START PROVIDED RECORDS

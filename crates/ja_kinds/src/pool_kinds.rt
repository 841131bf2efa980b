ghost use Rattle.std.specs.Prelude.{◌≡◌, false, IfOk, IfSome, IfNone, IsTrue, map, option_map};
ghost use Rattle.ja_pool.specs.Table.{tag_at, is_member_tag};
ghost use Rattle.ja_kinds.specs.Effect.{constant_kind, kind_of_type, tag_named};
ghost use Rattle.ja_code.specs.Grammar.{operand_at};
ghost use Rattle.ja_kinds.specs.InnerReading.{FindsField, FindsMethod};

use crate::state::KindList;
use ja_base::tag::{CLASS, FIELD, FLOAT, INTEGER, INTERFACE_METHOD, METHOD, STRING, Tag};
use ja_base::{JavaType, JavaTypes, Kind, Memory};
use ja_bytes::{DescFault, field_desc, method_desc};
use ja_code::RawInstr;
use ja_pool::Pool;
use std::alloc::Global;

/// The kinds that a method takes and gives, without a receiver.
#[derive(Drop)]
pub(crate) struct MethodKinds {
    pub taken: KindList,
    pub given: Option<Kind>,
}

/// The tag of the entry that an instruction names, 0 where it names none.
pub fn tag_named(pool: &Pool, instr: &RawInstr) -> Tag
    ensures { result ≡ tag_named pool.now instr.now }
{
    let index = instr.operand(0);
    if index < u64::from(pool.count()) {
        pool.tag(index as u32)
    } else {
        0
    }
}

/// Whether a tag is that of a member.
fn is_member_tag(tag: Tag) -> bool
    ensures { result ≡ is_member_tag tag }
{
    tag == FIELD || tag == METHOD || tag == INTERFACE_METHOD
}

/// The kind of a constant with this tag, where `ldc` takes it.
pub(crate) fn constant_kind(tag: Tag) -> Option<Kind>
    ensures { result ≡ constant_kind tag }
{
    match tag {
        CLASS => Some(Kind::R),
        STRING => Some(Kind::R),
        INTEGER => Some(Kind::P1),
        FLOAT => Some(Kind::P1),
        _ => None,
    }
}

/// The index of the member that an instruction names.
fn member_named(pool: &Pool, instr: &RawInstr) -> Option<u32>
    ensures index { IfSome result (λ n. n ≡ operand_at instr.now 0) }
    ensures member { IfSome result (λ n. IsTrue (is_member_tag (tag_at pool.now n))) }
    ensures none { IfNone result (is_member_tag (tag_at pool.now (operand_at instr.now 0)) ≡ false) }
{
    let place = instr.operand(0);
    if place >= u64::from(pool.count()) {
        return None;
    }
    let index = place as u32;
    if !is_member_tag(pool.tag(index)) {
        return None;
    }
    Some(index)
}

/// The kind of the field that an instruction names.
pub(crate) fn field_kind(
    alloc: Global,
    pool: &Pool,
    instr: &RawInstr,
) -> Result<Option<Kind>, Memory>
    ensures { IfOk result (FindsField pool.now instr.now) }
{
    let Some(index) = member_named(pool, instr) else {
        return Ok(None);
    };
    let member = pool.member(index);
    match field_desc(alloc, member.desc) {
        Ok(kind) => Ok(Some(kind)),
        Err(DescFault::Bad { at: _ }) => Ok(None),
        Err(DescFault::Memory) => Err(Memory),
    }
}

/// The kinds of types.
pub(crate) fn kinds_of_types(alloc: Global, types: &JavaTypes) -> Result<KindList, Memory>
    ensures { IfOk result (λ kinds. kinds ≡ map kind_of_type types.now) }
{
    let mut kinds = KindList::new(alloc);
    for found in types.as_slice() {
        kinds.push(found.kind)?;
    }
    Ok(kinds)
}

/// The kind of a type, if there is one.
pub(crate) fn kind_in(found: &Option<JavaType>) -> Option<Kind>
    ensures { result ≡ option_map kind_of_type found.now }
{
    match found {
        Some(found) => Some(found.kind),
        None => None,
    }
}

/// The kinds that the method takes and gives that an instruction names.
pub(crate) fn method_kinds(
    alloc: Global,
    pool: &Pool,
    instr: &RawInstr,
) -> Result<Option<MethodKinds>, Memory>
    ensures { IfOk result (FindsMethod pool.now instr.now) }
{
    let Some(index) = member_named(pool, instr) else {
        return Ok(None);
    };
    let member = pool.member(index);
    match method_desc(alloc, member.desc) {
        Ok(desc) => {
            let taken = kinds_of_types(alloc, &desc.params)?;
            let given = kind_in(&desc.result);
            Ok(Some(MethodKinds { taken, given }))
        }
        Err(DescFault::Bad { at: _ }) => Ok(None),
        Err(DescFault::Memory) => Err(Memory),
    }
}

END PROVIDED RECORDS
START PROVIDED RECORDS

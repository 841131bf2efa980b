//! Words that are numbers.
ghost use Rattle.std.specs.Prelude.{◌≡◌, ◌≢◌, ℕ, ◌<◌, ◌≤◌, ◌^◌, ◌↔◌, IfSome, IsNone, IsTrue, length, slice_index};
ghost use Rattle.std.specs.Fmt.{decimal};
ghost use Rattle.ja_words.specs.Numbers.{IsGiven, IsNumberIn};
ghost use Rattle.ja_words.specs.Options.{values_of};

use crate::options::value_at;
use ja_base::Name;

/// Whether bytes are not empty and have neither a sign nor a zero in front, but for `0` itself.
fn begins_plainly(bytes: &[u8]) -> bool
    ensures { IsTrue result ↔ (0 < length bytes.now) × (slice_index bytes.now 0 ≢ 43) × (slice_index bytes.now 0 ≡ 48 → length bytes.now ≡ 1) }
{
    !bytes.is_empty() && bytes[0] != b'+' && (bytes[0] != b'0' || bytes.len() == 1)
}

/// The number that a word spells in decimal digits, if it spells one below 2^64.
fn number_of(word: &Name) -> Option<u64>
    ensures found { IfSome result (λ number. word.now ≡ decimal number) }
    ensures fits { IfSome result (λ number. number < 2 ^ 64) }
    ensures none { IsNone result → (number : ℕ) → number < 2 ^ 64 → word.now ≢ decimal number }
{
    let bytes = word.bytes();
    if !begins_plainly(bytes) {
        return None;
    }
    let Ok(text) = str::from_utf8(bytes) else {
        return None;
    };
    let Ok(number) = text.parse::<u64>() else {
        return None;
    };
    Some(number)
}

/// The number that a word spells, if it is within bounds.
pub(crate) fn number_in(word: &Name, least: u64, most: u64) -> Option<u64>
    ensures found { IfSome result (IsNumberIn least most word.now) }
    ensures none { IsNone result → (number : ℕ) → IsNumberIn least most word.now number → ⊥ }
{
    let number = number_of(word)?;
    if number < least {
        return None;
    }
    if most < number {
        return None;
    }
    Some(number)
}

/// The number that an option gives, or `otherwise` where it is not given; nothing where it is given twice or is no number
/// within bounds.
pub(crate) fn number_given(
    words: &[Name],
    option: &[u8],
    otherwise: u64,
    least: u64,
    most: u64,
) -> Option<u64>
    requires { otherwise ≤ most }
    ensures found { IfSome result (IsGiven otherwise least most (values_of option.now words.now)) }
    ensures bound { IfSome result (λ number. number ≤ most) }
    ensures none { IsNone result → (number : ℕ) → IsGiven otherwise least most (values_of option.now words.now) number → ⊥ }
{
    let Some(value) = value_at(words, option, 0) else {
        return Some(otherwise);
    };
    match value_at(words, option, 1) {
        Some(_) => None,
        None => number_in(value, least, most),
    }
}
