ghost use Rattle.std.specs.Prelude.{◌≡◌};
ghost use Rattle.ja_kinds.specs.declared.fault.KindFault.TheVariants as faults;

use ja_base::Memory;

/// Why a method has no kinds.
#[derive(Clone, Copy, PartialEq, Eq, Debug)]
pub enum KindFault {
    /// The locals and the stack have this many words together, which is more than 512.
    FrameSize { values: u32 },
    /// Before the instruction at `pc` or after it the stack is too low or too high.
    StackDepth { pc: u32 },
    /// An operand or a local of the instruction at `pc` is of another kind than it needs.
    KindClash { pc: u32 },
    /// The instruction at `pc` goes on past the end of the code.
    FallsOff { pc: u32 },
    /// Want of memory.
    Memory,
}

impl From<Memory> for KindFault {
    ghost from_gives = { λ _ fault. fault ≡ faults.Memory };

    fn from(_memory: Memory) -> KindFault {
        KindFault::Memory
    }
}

END PROVIDED RECORDS

PROBLEM TO WORK ON:
Write the number of lines in the data above that contain "taken", adding no other words.

TASK ANSWER:
3